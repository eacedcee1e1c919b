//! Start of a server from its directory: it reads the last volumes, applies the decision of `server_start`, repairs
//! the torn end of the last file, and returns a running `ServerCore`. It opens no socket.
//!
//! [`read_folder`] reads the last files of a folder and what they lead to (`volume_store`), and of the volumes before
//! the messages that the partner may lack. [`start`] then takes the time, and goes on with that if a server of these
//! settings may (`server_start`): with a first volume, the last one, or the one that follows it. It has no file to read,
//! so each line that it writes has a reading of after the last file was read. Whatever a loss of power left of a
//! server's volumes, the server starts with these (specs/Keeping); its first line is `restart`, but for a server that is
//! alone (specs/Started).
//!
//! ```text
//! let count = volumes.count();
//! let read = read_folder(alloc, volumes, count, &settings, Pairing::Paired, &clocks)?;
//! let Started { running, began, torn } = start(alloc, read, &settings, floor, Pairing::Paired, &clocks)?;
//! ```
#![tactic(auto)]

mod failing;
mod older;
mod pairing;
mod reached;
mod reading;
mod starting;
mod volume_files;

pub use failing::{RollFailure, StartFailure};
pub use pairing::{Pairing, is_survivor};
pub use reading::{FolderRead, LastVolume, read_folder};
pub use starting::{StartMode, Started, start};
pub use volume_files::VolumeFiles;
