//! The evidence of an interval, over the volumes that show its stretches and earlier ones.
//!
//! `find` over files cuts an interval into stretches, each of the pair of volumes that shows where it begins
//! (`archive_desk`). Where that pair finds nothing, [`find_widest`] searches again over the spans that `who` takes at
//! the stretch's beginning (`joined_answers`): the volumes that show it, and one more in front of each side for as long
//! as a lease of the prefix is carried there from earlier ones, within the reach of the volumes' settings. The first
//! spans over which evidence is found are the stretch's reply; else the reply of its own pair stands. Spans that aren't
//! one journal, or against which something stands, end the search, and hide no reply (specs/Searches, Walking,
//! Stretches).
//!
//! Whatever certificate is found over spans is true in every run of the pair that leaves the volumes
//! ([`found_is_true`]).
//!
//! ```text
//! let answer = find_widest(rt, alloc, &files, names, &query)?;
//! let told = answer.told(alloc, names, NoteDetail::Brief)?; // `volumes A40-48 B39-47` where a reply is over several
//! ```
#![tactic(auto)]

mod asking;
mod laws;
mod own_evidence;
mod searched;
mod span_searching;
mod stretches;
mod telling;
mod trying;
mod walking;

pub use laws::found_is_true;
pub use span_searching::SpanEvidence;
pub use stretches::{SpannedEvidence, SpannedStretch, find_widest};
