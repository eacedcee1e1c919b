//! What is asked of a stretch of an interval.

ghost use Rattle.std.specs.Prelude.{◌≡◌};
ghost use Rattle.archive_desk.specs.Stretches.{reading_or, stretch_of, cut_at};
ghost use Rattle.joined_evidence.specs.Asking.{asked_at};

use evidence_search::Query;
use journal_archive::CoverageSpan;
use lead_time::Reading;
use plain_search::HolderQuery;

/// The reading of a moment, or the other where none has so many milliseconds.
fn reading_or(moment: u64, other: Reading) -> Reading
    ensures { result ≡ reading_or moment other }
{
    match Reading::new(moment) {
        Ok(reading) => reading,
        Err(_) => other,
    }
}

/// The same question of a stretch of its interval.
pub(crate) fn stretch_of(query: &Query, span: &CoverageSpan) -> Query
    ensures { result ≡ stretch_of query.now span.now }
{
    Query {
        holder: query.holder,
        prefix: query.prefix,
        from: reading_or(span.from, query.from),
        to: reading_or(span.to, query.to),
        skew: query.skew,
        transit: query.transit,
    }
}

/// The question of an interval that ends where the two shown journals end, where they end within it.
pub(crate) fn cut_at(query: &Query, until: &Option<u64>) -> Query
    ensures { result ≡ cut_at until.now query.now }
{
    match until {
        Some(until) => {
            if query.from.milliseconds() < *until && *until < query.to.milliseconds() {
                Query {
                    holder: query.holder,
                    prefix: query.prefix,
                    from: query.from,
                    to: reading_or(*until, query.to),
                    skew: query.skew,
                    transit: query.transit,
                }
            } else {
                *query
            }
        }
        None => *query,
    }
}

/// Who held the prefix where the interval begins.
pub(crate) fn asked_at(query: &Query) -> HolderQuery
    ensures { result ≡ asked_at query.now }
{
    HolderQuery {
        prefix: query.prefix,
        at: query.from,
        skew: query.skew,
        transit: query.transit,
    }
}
---
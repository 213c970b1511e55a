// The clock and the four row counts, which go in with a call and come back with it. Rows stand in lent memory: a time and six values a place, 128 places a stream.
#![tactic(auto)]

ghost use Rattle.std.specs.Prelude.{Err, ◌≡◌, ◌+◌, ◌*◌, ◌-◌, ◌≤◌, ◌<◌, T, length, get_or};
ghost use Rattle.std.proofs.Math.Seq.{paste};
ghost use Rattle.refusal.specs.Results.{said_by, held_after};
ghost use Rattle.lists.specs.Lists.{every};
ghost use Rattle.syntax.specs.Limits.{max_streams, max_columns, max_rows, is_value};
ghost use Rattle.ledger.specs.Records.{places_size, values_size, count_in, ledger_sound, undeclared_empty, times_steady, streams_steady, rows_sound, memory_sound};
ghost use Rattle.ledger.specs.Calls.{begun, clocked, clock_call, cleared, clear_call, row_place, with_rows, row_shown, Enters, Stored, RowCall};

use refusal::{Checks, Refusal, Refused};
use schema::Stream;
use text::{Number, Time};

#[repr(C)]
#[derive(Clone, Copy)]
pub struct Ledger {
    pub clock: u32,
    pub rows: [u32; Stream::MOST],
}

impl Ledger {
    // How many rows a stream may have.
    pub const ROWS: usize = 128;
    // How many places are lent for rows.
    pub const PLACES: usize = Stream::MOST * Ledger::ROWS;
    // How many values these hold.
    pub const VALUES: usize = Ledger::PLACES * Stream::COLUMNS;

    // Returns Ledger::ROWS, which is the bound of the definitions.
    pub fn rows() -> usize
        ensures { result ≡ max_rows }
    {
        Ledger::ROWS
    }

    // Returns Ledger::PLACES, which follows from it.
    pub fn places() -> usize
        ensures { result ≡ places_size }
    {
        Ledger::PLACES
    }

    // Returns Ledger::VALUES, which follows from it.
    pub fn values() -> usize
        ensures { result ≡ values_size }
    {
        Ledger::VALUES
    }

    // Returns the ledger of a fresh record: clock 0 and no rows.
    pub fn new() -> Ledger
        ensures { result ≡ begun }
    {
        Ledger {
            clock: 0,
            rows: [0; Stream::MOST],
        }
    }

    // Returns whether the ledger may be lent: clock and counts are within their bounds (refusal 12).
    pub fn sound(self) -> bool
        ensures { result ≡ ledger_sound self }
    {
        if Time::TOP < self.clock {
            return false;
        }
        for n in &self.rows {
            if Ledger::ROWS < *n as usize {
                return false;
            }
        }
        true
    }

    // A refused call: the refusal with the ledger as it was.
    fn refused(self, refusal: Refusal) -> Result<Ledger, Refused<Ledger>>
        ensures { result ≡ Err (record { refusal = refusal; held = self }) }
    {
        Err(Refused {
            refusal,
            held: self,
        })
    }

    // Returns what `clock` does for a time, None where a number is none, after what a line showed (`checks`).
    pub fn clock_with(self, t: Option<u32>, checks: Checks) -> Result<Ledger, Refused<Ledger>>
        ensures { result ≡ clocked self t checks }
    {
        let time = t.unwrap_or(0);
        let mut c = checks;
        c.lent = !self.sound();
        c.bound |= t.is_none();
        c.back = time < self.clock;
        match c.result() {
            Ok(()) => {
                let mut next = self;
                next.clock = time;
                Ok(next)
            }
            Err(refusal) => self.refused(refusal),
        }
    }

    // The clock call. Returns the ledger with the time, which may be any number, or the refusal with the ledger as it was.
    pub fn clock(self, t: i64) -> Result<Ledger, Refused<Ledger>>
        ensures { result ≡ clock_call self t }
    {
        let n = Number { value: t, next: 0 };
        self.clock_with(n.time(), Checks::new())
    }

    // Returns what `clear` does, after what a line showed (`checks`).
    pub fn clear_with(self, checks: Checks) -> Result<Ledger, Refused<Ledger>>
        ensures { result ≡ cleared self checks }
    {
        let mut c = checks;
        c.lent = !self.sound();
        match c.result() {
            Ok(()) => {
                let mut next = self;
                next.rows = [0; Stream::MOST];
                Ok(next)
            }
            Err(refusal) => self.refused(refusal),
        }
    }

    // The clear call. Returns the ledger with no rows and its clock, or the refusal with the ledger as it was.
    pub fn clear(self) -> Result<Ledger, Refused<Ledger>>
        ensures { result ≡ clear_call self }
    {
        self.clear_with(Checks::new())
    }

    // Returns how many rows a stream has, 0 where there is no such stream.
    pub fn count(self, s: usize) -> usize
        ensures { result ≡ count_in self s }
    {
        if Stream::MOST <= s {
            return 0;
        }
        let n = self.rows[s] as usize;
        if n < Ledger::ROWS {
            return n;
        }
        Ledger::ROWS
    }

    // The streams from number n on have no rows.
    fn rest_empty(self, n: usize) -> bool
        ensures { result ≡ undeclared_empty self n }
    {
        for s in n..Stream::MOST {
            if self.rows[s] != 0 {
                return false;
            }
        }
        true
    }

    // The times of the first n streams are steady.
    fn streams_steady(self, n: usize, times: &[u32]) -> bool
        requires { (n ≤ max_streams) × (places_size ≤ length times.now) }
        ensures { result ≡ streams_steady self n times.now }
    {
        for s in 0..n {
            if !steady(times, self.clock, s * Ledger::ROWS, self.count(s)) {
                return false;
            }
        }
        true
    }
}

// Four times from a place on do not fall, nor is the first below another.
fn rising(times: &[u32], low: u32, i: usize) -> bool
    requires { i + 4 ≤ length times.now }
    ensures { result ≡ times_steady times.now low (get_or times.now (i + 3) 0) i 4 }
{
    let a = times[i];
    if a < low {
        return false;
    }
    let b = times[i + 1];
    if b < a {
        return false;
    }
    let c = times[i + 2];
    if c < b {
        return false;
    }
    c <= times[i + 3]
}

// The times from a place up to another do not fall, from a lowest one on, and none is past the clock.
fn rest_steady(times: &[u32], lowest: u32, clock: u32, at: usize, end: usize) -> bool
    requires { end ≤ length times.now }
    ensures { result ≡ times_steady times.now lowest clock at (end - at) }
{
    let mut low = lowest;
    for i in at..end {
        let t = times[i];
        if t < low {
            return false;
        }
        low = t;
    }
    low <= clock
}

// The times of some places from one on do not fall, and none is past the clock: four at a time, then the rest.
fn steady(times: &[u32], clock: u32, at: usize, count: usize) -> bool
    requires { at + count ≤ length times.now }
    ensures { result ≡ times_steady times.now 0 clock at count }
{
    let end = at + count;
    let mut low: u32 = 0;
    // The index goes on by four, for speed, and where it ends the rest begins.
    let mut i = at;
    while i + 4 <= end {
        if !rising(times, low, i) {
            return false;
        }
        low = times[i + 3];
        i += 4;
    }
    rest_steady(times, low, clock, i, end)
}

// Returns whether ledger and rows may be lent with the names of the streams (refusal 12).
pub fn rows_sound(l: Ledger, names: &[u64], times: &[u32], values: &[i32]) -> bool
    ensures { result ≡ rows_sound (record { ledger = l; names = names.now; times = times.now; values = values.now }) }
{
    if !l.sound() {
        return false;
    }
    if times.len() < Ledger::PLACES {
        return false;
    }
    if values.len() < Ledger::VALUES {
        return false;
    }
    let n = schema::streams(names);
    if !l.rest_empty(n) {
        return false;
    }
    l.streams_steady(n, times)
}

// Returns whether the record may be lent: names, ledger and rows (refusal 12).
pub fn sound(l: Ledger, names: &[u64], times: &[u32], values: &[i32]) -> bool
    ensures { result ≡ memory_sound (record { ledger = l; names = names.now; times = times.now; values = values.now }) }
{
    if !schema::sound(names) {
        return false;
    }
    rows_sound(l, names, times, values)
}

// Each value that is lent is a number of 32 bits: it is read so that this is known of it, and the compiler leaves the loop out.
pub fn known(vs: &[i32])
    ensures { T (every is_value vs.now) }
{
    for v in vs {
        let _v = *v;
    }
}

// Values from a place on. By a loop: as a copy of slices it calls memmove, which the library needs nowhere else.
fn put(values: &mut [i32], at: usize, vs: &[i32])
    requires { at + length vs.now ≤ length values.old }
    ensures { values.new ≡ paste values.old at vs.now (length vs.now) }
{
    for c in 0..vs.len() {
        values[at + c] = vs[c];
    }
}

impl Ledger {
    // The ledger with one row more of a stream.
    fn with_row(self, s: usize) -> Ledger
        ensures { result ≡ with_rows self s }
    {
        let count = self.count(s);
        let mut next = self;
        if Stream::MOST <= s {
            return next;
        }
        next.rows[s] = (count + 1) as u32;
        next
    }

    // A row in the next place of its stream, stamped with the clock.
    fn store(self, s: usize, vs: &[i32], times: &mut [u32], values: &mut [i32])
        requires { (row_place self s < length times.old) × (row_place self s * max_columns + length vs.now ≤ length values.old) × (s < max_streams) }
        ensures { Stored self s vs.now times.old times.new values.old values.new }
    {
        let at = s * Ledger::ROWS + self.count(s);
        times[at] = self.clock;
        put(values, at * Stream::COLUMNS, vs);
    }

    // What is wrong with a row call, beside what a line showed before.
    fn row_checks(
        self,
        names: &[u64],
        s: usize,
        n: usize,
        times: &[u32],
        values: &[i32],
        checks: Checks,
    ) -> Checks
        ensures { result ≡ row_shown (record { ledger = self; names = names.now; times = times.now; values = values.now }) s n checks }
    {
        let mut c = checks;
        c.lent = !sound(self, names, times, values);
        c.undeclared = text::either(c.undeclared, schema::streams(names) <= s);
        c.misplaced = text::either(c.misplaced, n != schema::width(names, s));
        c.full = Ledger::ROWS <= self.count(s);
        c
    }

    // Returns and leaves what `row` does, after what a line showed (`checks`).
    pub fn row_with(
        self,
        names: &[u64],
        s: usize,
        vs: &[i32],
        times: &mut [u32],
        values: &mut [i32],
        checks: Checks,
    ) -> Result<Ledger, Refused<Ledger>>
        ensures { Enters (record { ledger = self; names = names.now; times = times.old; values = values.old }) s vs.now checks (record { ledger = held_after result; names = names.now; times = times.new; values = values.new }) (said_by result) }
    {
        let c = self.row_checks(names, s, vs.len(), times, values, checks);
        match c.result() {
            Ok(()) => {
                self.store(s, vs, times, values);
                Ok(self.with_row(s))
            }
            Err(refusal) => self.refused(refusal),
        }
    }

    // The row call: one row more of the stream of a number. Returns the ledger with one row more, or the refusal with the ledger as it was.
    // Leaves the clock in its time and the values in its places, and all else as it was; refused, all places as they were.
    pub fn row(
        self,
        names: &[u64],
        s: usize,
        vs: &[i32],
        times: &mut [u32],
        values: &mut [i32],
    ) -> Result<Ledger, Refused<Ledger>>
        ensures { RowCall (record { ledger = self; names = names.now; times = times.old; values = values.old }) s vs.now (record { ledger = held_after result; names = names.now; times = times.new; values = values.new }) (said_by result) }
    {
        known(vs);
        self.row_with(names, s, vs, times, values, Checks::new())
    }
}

# Problem requirements
Which lines of the data include "running"? Copy each of them.

# Solution to the exercise
//! the torn end of the last file, and returns a running `ServerCore`. It opens no socket.
//! let Started { running, began, torn } = start(alloc, read, &settings, floor, Pairing::Paired, &clocks)?;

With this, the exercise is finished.